YOUR ASSIGNMENT: Among the entries below, tally each line containing "stands"; respond with the total only.

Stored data
╔══

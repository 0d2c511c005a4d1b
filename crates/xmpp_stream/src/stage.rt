// Where a stream stands, and where its tags lead.
ghost use Rattle.std.specs.Prelude.{◌≡◌, ◌++◌, ◌&&◌, ◌||◌, ◌==◌, drop, length, IfOk};
ghost use Rattle.std.specs.List.{list_all};
ghost use Rattle.body_cutter.specs.Chars.{is_plain, is_space};
ghost use Rattle.body_cutter.specs.Cutting.{is_stanza};
ghost use Rattle.body_cutter.specs.Viable.{ends_name};
ghost use Rattle.xmpp_stream.specs.Stream.{after_space, after_tag, error_mark, is_declaration, is_end_tag, is_ended, is_inside, is_named, is_start_tag, mark_in, mark_of, stream_mark, takes_declaration, takes_header, unnamed_mark};
ghost use Rattle.xmpp_stream.specs.Tag.{first_is};
ghost use Rattle.xmpp_stream.specs.Text.{end_tag};

use crate::stream_text::push_end;
use crate::tag::{ends_name, is_space};
use body_cutter::{CutError, read_stanza};
use std::alloc::{AllocError, Global};

// Where a stream stands.
#[derive(Clone, Copy, Debug, PartialEq, Eq)]
pub(crate) enum Stage {
    // Nothing came yet.
    Begun,
    // A header has to come.
    Waits,
    // Elements may come.
    Inside,
    // The end tag came.
    Ended,
}

// What a text may be that begins with `<`.
#[derive(Clone, Copy, Debug, PartialEq, Eq)]
pub(crate) enum Mark {
    // A tag of the stream itself, or a declaration.
    Tag,
    Element,
    // That isn't seen yet.
    Undecided,
}

const STREAM: &[u8] = b"<stream:stream";

#[tactic(auto, unfolding(body_cutter::specs::Cutting::is_stanza))]
pub(crate) fn is_stanza(alloc: Global, text: &[u8]) -> Result<bool, AllocError>
    ensures { IfOk result (λ yes. yes ≡ is_stanza text.now) }
{
    match read_stanza(alloc, text) {
        Ok(()) => Ok(true),
        Err(CutError::Refused(_)) => Ok(false),
        Err(CutError::Memory) => Err(AllocError),
    }
}

fn names_end_at(text: &[u8], at: usize) -> bool
    ensures { result ≡ first_is ends_name (drop at text.now) }
{
    match text.get(at) {
        None => false,
        Some(b) => ends_name(*b),
    }
}

fn is_named(mark: &[u8], text: &[u8]) -> bool
    ensures { result ≡ is_named mark.now text.now }
{
    text.starts_with(mark) && names_end_at(text, mark.len())
}

#[tactic(auto, unfolding(crate::specs::Stream::stream_mark))]
fn is_stream(text: &[u8]) -> bool
    ensures { result ≡ is_named stream_mark text.now }
{
    is_named(b"<stream:stream", text)
}

// Whether an element tells of an error of the stream (RFC 6120 section 4.9).
#[tactic(auto, unfolding(crate::specs::Stream::error_mark))]
pub(crate) fn is_error(text: &[u8]) -> bool
    ensures { result ≡ is_named error_mark text.now }
{
    is_named(b"<stream:error", text)
}

// An allowed character below U+0080.
#[tactic(auto, unfolding(body_cutter::specs::Chars::is_plain))]
fn is_plain(b: u8) -> bool
    ensures { result ≡ is_plain b }
{
    b == 9 || b == 10 || b == 13 || (b >= 32 && b < 128)
}

fn are_plain(text: &[u8]) -> bool
    ensures { result ≡ list_all is_plain text.now }
{
    text.iter().all(|b| is_plain(*b))
}

fn spaces_at(text: &[u8], at: usize) -> bool
    ensures { result ≡ first_is is_space (drop at text.now) }
{
    match text.get(at) {
        None => false,
        Some(b) => is_space(*b),
    }
}

#[tactic(auto, unfolding(crate::specs::Stream::is_declaration))]
fn is_declaration(tag: &[u8]) -> bool
    ensures { result ≡ is_declaration tag.now }
{
    if !tag.starts_with(b"<?xml") {
        return false;
    }
    if !spaces_at(tag, 5) {
        return false;
    }
    if !tag.ends_with(b"?>") {
        return false;
    }
    are_plain(tag)
}

fn is_gap(b: u8) -> bool
    ensures { result ≡ (is_space b || b == 62) }
{
    is_space(b) || b == b'>'
}

fn are_gaps(text: &[u8]) -> bool
    ensures { result ≡ list_all (λ b. is_space b || b == 62) text.now }
{
    text.iter().all(|b| is_gap(*b))
}

#[tactic(auto, unfolding(crate::specs::Stream::is_end_tag))]
fn is_end_tag(tag: &[u8]) -> bool
    ensures { result ≡ is_end_tag tag.now }
{
    if !tag.starts_with(b"</stream:stream") {
        return false;
    }
    are_gaps(&tag[15..])
}

// The tag with the end tag after it.
fn ended(alloc: Global, tag: &[u8]) -> Result<Vec<u8>, AllocError>
    ensures { IfOk result (λ text. text.items ≡ tag.now ++ end_tag) }
{
    let mut text = Vec::from_slice(alloc, tag)?;
    push_end(&mut text)?;
    Ok(text)
}

#[tactic(auto, unfolding(crate::specs::Stream::is_start_tag))]
fn is_start_tag(alloc: Global, tag: &[u8]) -> Result<bool, AllocError>
    ensures { IfOk result (λ yes. yes ≡ is_start_tag tag.now) }
{
    if !is_stream(tag) {
        return Ok(false);
    }
    let text = ended(alloc, tag)?;
    is_stanza(alloc, text.as_slice())
}

fn takes_header(stage: Stage) -> bool
    ensures { result ≡ takes_header stage }
{
    match stage {
        Stage::Begun | Stage::Waits | Stage::Inside => true,
        Stage::Ended => false,
    }
}

fn takes_declaration(stage: Stage) -> bool
    ensures { result ≡ takes_declaration stage }
{
    match stage {
        Stage::Begun | Stage::Inside => true,
        Stage::Waits | Stage::Ended => false,
    }
}

fn is_inside(stage: Stage) -> bool
    ensures { result ≡ is_inside stage }
{
    match stage {
        Stage::Inside => true,
        Stage::Begun | Stage::Waits | Stage::Ended => false,
    }
}

pub(crate) fn is_ended(stage: Stage) -> bool
    ensures { result ≡ is_ended stage }
{
    match stage {
        Stage::Ended => true,
        Stage::Begun | Stage::Waits | Stage::Inside => false,
    }
}

pub(crate) fn after_space(stage: Stage) -> Stage
    ensures { result ≡ after_space stage }
{
    match stage {
        Stage::Begun | Stage::Waits => Stage::Waits,
        Stage::Inside => Stage::Inside,
        Stage::Ended => Stage::Ended,
    }
}

// Where a tag leads that is none of an element.
#[tactic(auto, unfolding(crate::specs::Stream::after_tag))]
pub(crate) fn after_tag(
    alloc: Global,
    stage: Stage,
    tag: &[u8],
) -> Result<Option<Stage>, AllocError>
    ensures { IfOk result (λ next. next ≡ after_tag stage tag.now) }
{
    if takes_header(stage) {
        if is_start_tag(alloc, tag)? {
            return Ok(Some(Stage::Inside));
        }
    }
    if takes_declaration(stage) && is_declaration(tag) {
        return Ok(Some(Stage::Waits));
    }
    if is_inside(stage) && is_end_tag(tag) {
        return Ok(Some(Stage::Ended));
    }
    Ok(None)
}

fn unnamed_mark(text: &[u8]) -> Mark
    ensures { result ≡ unnamed_mark text.now }
{
    match text.get(1) {
        Some(b'/' | b'?') => Mark::Tag,
        _ => Mark::Element,
    }
}

#[tactic(auto, unfolding(crate::specs::Stream::mark_of, crate::specs::Stream::stream_mark))]
fn mark_of(text: &[u8]) -> Mark
    ensures { result ≡ mark_of text.now }
{
    if STREAM.starts_with(text) {
        return Mark::Undecided;
    }
    if is_stream(text) {
        return Mark::Tag;
    }
    unnamed_mark(text)
}

pub(crate) fn mark_in(stage: Stage, text: &[u8]) -> Mark
    ensures { result ≡ mark_in stage text.now }
{
    match stage {
        Stage::Inside => mark_of(text),
        Stage::Begun | Stage::Waits | Stage::Ended => Mark::Tag,
    }
}
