// Where a tag ends.
ghost use Rattle.std.specs.Prelude.{◌≡◌, ◌≤◌, ◌<◌, None, Some, IfSome, length};
ghost use Rattle.body_cutter.specs.Chars.{is_space};
ghost use Rattle.body_cutter.specs.Grammar.{is_quote};
ghost use Rattle.body_cutter.specs.Viable.{ends_name};
ghost use Rattle.xmpp_stream.specs.Tag.{ends_tag, quote_after, tag_end};

#[tactic(auto, unfolding(body_cutter::specs::Chars::is_space))]
pub(crate) fn is_space(b: u8) -> bool
    ensures { result ≡ is_space b }
{
    b == b' ' || b == b'\t' || b == b'\n' || b == b'\r'
}

// Whether a byte ends the name of a start tag.
pub(crate) fn ends_name(b: u8) -> bool
    ensures { result ≡ ends_name b }
{
    is_space(b) || b == b'/' || b == b'>'
}

fn is_quote(b: u8) -> bool
    ensures { result ≡ is_quote b }
{
    b == b'\'' || b == b'"'
}

// The quote of the value that is open after a byte.
pub(crate) fn quote_after(quote: Option<u8>, b: u8) -> Option<u8>
    ensures { result ≡ quote_after quote b }
{
    match quote {
        None => {
            if is_quote(b) {
                return Some(b);
            }
            None
        }
        Some(open) => {
            if b == open {
                return None;
            }
            Some(open)
        }
    }
}

// Whether a byte is a `>` outside of all values.
pub(crate) fn ends_tag(quote: Option<u8>, b: u8) -> bool
    ensures { result ≡ ends_tag quote b }
{
    match quote {
        None => b == b'>',
        Some(_) => false,
    }
}

// How many bytes the tag has with which the text begins, where its end is there.
#[tactic(auto, unfolding(crate::specs::Tag::tag_end))]
pub(crate) fn tag_end(text: &[u8]) -> Option<usize>
    ensures end { result ≡ tag_end 0 None text.now }
    ensures within { IfSome result (λ count. count ≤ length text.now) }
    ensures some { IfSome result (λ count. 0 < count) }
{
    let mut quote = None;
    for (at, b) in text.iter().enumerate() {
        if ends_tag(quote, *b) {
            return Some(at + 1);
        }
        quote = quote_after(quote, *b);
    }
    None
}
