use bosh_ports::{
    Bell, BellKey, Fed, Feed, Gave, Got, KeptContent, Link, ListedBell, MemoryLink, MemorySink,
    MemorySource, RealBell, Sink, Source, TcpLink, Woken, WriteFault, send_all, tcp_link,
};
use std::io;
use std::net::{Ipv4Addr, Net, SocketAddr, TcpListener, TcpStream};
use std::process::Abort;
use std::test::Fail;
use std::time::{Duration, Instant};

#[test]
fn a_listed_bell_is_silent_where_it_is_told(rt: HostRuntime) -> Result<(), Fail> {
    let silent = vec![in rt.alloc(); 2, 3]?;
    let mut bell = ListedBell::new(rt.alloc(), silent);
    let mut share = bell.share()?;
    for expected in [Woken::Rung, Woken::Silent, Woken::Silent, Woken::Rung] {
        bell.ring(BellKey::PUMP);
        assert_eq!(rt; bell.wait(), expected);
        assert_eq!(rt; share.wait(), expected);
    }
    Ok(())
}

#[test]
fn a_ring_wakes_its_key_alone(rt: HostRuntime) -> Result<(), Fail> {
    let mut ringer = RealBell::new(rt.alloc(), rt)?;
    let mut pump = ringer.share()?;
    let mut worker = ringer.share()?;
    worker.tune(BellKey(1));

    // Rings that are heard keep nobody waiting, and one for others is not heard for all of 100 milliseconds.
    let start = Instant::now(&rt)?;
    for _ in 0..20 {
        ringer.ring(BellKey(1));
        ringer.ring(BellKey::PUMP);
        assert_eq!(rt; worker.wait(), Woken::Rung);
        assert_eq!(rt; pump.wait(), Woken::Rung);
    }
    assert!(rt; start.elapsed(&rt)? < Duration::from_millis(1500));
    for key in [BellKey(2), BellKey::PUMP] {
        let start = Instant::now(&rt)?;
        ringer.ring(key);
        assert_eq!(rt; worker.wait(), Woken::Rung);
        assert!(rt; start.elapsed(&rt)? >= Duration::from_millis(99));
    }
    Ok(())
}

// Takes until the end or a fault, at most as many times as the room has bytes: how many bytes came.
fn take_all<L: Link>(link: &mut L, room: &mut [u8]) -> usize {
    let mut taken = 0usize;
    for _ in 0..room.len() {
        if taken >= room.len() {
            break;
        }
        match link.take(&mut room[taken..]) {
            Got::Bytes(n) => taken = taken.saturating_add(n),
            Got::End | Got::Failed => break,
        }
    }
    taken
}

// The two ends of one connection, each of which waits for a second at most.
fn connected<N>(rt: &N) -> io::Result<(TcpLink, TcpLink)>
where
    N: Net<Listener = TcpListener, Stream = TcpStream>,
{
    let listener = TcpListener::bind(rt, SocketAddr::from((Ipv4Addr::LOCALHOST, 0)))?;
    let near = TcpStream::connect(rt, listener.local_addr()?)?;
    let (far, _) = listener.accept()?;
    near.set_read_timeout(Some(Duration::from_secs(1)))?;
    far.set_read_timeout(Some(Duration::from_secs(1)))?;
    Ok((tcp_link(near)?, tcp_link(far)?))
}

#[test]
fn bytes_cross_a_connection(rt: HostRuntime) -> Result<(), Fail> {
    let (mut near, mut far) = connected(&rt)?;
    let mut room = [0u8; 8];
    assert!(rt; send_all(&mut near, b"ping").is_ok());
    near.close();
    assert_eq!(rt; take_all(&mut far, &mut room), 4);
    assert_eq!(rt; &room[..4], b"ping".as_slice());
    assert_eq!(rt; far.take(&mut room), Got::End);
    assert_eq!(rt; near.give(b"more"), Gave::Failed);
    assert_eq!(rt; (near.faults, far.faults), (1, 0));
    Ok(())
}

#[test]
fn a_link_in_memory_keeps_its_sizes_and_its_list(rt: HostRuntime) -> Result<(), Fail> {
    let alloc = rt.alloc();
    let source = MemorySource::new(Vec::from_slice(alloc, b"abcdefgh")?, vec![in alloc; 3]?);
    let sink = MemorySink::new(alloc, vec![in alloc; 2]?);
    let mut link = MemoryLink::new(source, sink, vec![in alloc; 2, 0, 3]?);
    let mut room = [0u8; 8];
    for expected in [
        Got::Bytes(2),
        Got::Bytes(1),
        Got::Failed,
        Got::Bytes(5),
        Got::End,
    ] {
        assert_eq!(rt; link.take(&mut room), expected);
    }
    assert_eq!(rt; &room[..5], b"defgh".as_slice());
    assert!(rt; send_all(&mut link, b"xy").is_ok());
    assert_eq!(rt; send_all(&mut link, b"z"), Err(WriteFault));
    assert_eq!(rt; link.as_slice(), b"xy".as_slice());
    link.close();
    assert!(rt; link.is_closed());
    Ok(())
}

#[test]
fn a_feed_that_keeps_begins_anew(rt: HostRuntime) -> Result<(), Fail> {
    let mut kept = KeptContent::new(rt.alloc());
    assert_eq!(rt; kept.piece(b"<body"), Fed::Done);
    kept.begin();
    assert_eq!(rt; kept.piece(b"<bo"), Fed::Done);
    assert_eq!(rt; kept.piece(b"dy/>"), Fed::Done);
    assert!(rt; kept.into_vec().as_slice() == b"<body/>".as_slice());
    Ok(())
}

╚══

COMPLETED TASK: 2